SECLSep 6, 2023

Hot or Cold? Adaptive Temperature Sampling for Code Generation with Large Language Models

arXiv:2309.02772v372 citationsh-index: 28
Originality Incremental advance
AI Analysis

This work addresses a specific bottleneck in code generation for developers and AI practitioners, offering an incremental but effective enhancement to existing decoding strategies.
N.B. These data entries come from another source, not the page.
// The page's fixed texts: its head with the style, the words of the kinds of entry and of the refusals, cards, ranks and classes of hands.
use crate::pen::{Pen, Writer};
use std::fmt;
use std::fmt::Write;

// Up to the style's end. The evening and the sittings come last in the bytes, and first on the page by `order`.
pub fn put_head(out: &mut [u8], p: Pen) -> Pen {
    let mut w = Writer::over(out, p);
    // the pen keeps whether a write has failed
    let _ = write_head(&mut w);
    w.pen
}

fn write_head(w: &mut Writer<'_>) -> fmt::Result {
    w.write_str(
        "<!DOCTYPE html>\n<html lang=\"en\">\n<head>\n<meta charset=\"utf-8\">\n<meta name=\"viewport\" content=\"width=device-width\">\n<title>The clerk's box: an evening</title>\n<style>\n",
    )?;
    write_style(w)?;
    write_style_of_rows(w)?;
    w.write_str("</style>\n</head>\n<body>\n<h1>The evening at the table</h1>\n")
}

fn write_style(w: &mut Writer<'_>) -> fmt::Result {
    w.write_str(
        "body{font:15px/1.4 Georgia,'DejaVu Serif',serif;color:#111;background:#fff;max-width:960px;margin:1rem auto;padding:0 16px;display:flex;flex-direction:column}\n",
    )?;
    w.write_str(
        "body>*,section>*{order:3}h1,.sheet,.note{order:0}#evening{order:1}body .row,body .sums{order:2}section{display:contents}p{margin:.15rem 0}table{align-self:flex-start}\n",
    )?;
    w.write_str(
        "h1{margin:.5rem 0}h2{margin:2rem 0 .4rem;border-top:3px double #111;padding-top:.6rem}.note{border:2px solid #111;padding:.4rem .6rem;font-weight:bold}\n",
    )?;
    w.write_str(
        "table{border-collapse:collapse;margin:.6rem 0;font-size:13px}caption{text-align:left;font-weight:bold}th,td{border:1px solid #777;padding:.15rem .45rem;text-align:right;vertical-align:top}.why{text-align:left}\n",
    )
}

fn write_style_of_rows(w: &mut Writer<'_>) -> fmt::Result {
    w.write_str(
        ".row{display:grid;grid-template-columns:1fr 1fr 2fr 2fr 2fr 2fr 3fr;font-size:13px;border-bottom:1px solid #777;text-align:right}.row.top{font-weight:bold;margin-top:1rem;border-bottom:2px solid #111}.row.sums{border-bottom:0;margin:0 0 .5rem}\n",
    )?;
    w.write_str(
        "p b{display:inline-block;min-width:3rem}figure{margin:.6rem 0}svg{max-width:100%;height:auto}details{margin:.15rem 0 .15rem 3rem;border-left:3px solid #777;padding-left:.6rem}summary{cursor:pointer}\n",
    )?;
    w.write_str(
        "@media print{body{max-width:none;margin:0;font-size:11pt}h2,figure,table{break-inside:avoid}h2{break-after:avoid}details>summary{list-style:none}}\n",
    )
}

// Document 01's table of entries.
const KINDS: [&str; 12] = [
    "sit", "leave", "hand", "hole", "fold", "check", "call", "wager", "board", "dead", "settle",
    "void",
];

// The word of a kind, by its place in the table of entries.
#[derive(Clone, Copy)]
pub struct Kind(pub u32);

impl fmt::Display for Kind {
    fn fmt<W: fmt::Write>(&self, f: &mut fmt::Formatter<W>) -> fmt::Result {
        f.write_str(
            KINDS
                .get(self.0 as usize)
                .copied()
                .unwrap_or("an unknown kind"),
        )
    }
}

// Document 01's table of refusal numbers, from 1.
const REFUSALS: [&str; 11] = [
    "the block's form is wrong",
    "unknown kind or number out of range",
    "n is not the next",
    "wrong moment",
    "the seat isn't as asked",
    "not that seat's turn",
    "amount or act not allowed by Betting",
    "a card already in this hand",
    "more than 100,000,000 chips",
    "a live seat has not all its cards entered",
    "the sheet is bad",
];

// A refusal in words, by its number; another number means that the answer sheet is too short.
#[derive(Clone, Copy)]
pub struct Refused(pub u8);

impl fmt::Display for Refused {
    fn fmt<W: fmt::Write>(&self, f: &mut fmt::Formatter<W>) -> fmt::Result {
        f.write_str(match self.0 {
            n @ 1..=11 => REFUSALS[n as usize - 1],
            _ => "the answer sheet is too short",
        })
    }
}

// A rank: 2 to 10 by its number, the others by their letter.
#[derive(Clone, Copy)]
pub struct Rank(pub u8);

impl fmt::Display for Rank {
    fn fmt<W: fmt::Write>(&self, f: &mut fmt::Formatter<W>) -> fmt::Result {
        match self.0 {
            11 => f.write_str("J"),
            12 => f.write_str("Q"),
            13 => f.write_str("K"),
            14 => f.write_str("A"),
            n => write!(f, "{n}"),
        }
    }
}

const SUITS: [&str; 4] = ["♣", "♦", "♥", "♠"];

// A card, 4 × (rank − 2) + suit.
#[derive(Clone, Copy)]
pub struct Card(pub u8);

impl fmt::Display for Card {
    fn fmt<W: fmt::Write>(&self, f: &mut fmt::Formatter<W>) -> fmt::Result {
        let rank = Rank(self.0 / 4 + 2);
        let suit = SUITS[self.0 as usize % 4];
        write!(f, "{rank}{suit}")
    }
}

// cards' table of classes.
const CLASSES: [&str; 8] = [
    "straight flush",
    "four of a kind",
    "full house",
    "flush",
    "straight",
    "three of a kind",
    "two pair",
    "pair",
];

// The class of a hand, by its number in the table of classes.
#[derive(Clone, Copy)]
pub struct Class(pub u8);

impl fmt::Display for Class {
    fn fmt<W: fmt::Write>(&self, f: &mut fmt::Formatter<W>) -> fmt::Result {
        f.write_str(
            CLASSES
                .get(self.0 as usize)
                .copied()
                .unwrap_or("five odd cards"),
        )
    }
}

// A hand: its class and its five ranks.
pub fn put_hand(out: &mut [u8], p: Pen, class: u8, ranks: &[u8; 5]) -> Pen {
    let mut w = Writer::over(out, p);
    let _ = write_hand(&mut w, class, ranks);
    w.pen
}

fn write_hand(w: &mut Writer<'_>, class: u8, ranks: &[u8; 5]) -> fmt::Result {
    let class = Class(class);
    write!(w, "{class}:")?;
    for r in ranks {
        let rank = Rank(*r);
        write!(w, " {rank}")?;
    }
    Ok(())
}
The paper tackles the problem of suboptimal decoding strategies for code generation in large language models by proposing Adaptive Temperature (AdapT) sampling, which dynamically adjusts temperature based on token difficulty, resulting in significant performance improvements over state-of-the-art methods on two popular datasets.

Recently, Large Language Models (LLMs) have shown impressive abilities in code generation. However, existing LLMs' decoding strategies are designed for Natural Language (NL) generation, overlooking the differences between NL and programming languages (PL). Due to this oversight, a better decoding strategy for code generation remains an open question. In this paper, we conduct the first systematic study to explore a decoding strategy specialized in code generation. With an analysis of loss distributions of code tokens, we find that code tokens can be divided into two categories: challenging tokens that are difficult to predict and confident tokens that can be easily inferred. Among them, the challenging tokens mainly appear at the beginning of a code block. Inspired by the above findings, we propose a simple yet effective method: Adaptive Temperature (AdapT) sampling, which dynamically adjusts the temperature coefficient when decoding different tokens. We apply a larger temperature when sampling for challenging tokens, allowing LLMs to explore diverse choices. We employ a smaller temperature for confident tokens avoiding the influence of tail randomness noises. We apply AdapT sampling to LLMs with different sizes and conduct evaluations on two popular datasets. Results show that AdapT sampling significantly outperforms state-of-the-art decoding strategy.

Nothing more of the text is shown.